_WORK TASK_
Quote the entries below from the line with "Adds the role's" through the line with "let mut words", both ends included, and only those lines.

(Collected data)
-------
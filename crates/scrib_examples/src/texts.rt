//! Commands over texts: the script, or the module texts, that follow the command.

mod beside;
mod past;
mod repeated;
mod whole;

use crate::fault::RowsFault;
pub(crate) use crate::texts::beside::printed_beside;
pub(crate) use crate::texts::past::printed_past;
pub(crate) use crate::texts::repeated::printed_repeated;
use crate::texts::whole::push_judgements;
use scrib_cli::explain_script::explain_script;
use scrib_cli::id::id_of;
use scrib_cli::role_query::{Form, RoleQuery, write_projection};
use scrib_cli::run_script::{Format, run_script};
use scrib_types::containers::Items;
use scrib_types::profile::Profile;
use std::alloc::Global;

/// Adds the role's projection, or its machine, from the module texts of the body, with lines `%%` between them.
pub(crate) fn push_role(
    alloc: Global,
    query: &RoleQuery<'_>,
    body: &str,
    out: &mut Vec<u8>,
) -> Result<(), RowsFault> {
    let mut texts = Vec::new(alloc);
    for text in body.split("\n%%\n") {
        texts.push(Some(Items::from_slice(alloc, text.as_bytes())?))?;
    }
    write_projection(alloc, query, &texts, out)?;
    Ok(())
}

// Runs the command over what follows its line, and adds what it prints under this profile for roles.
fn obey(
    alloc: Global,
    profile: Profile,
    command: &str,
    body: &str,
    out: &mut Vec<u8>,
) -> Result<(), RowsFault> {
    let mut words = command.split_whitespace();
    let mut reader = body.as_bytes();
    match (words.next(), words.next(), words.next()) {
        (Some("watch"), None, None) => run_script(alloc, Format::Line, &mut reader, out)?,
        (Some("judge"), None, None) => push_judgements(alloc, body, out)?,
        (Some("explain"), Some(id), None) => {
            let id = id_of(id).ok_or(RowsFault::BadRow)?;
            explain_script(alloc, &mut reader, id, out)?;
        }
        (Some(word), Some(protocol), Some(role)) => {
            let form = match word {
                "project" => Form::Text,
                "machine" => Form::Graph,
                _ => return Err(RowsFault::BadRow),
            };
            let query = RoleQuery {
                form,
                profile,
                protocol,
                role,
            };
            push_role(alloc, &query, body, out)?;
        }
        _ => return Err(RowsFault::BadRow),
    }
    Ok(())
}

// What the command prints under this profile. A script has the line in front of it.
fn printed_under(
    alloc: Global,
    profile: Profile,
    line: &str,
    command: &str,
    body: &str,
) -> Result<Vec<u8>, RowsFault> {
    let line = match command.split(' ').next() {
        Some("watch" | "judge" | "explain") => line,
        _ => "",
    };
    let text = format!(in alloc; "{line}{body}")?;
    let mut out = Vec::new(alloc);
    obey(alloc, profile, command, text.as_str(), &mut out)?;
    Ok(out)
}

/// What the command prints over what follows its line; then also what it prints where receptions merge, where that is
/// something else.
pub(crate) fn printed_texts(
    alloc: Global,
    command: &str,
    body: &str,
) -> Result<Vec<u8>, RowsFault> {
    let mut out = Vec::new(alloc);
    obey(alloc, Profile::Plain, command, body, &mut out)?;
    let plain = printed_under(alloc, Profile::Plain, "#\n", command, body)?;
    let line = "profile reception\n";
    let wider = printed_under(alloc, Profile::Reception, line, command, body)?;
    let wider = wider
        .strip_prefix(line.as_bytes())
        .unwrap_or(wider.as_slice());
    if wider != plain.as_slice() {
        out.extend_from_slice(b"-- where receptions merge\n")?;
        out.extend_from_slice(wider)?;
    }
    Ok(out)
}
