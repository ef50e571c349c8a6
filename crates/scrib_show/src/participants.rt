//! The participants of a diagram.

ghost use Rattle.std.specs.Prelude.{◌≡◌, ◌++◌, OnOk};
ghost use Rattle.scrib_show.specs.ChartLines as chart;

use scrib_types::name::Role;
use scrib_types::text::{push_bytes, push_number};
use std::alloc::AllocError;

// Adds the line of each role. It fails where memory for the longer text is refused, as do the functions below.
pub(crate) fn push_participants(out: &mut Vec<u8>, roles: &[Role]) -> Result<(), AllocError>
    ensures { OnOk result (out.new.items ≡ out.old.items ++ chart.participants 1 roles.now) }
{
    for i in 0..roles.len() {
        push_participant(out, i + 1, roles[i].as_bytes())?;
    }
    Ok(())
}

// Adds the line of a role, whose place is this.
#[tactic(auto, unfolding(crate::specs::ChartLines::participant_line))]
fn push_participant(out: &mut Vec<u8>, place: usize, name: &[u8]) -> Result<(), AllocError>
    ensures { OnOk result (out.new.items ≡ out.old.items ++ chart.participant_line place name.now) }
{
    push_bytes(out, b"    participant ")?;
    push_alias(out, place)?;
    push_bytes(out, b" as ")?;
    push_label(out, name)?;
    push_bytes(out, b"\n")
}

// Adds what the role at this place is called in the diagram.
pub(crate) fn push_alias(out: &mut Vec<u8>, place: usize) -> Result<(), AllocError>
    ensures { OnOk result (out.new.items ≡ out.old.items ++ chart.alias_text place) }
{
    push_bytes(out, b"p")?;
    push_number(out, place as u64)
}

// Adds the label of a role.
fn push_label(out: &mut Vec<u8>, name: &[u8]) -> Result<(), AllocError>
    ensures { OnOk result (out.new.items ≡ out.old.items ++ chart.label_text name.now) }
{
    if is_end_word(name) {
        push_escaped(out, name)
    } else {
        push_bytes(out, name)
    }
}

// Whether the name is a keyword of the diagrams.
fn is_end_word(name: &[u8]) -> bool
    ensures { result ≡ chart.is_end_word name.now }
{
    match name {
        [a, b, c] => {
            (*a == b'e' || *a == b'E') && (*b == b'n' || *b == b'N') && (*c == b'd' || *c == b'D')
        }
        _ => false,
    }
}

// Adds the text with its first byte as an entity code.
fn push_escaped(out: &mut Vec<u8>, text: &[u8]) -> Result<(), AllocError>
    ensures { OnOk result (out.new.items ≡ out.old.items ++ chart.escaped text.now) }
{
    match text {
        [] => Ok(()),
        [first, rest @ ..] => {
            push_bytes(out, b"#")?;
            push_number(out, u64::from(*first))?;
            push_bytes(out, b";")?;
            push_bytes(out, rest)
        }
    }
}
-------
_SOLUTION TO THIS EXERCISE_
/// Adds the role's projection, or its machine, from the module texts of the body, with lines `%%` between them.
pub(crate) fn push_role(
    alloc: Global,
    query: &RoleQuery<'_>,
    body: &str,
    out: &mut Vec<u8>,
) -> Result<(), RowsFault> {
    let mut texts = Vec::new(alloc);
    for text in body.split("\n%%\n") {
        texts.push(Some(Items::from_slice(alloc, text.as_bytes())?))?;
    }
    write_projection(alloc, query, &texts, out)?;
    Ok(())
}

// Runs the command over what follows its line, and adds what it prints under this profile for roles.
fn obey(
    alloc: Global,
    profile: Profile,
    command: &str,
    body: &str,
    out: &mut Vec<u8>,
) -> Result<(), RowsFault> {
    let mut words = command.split_whitespace();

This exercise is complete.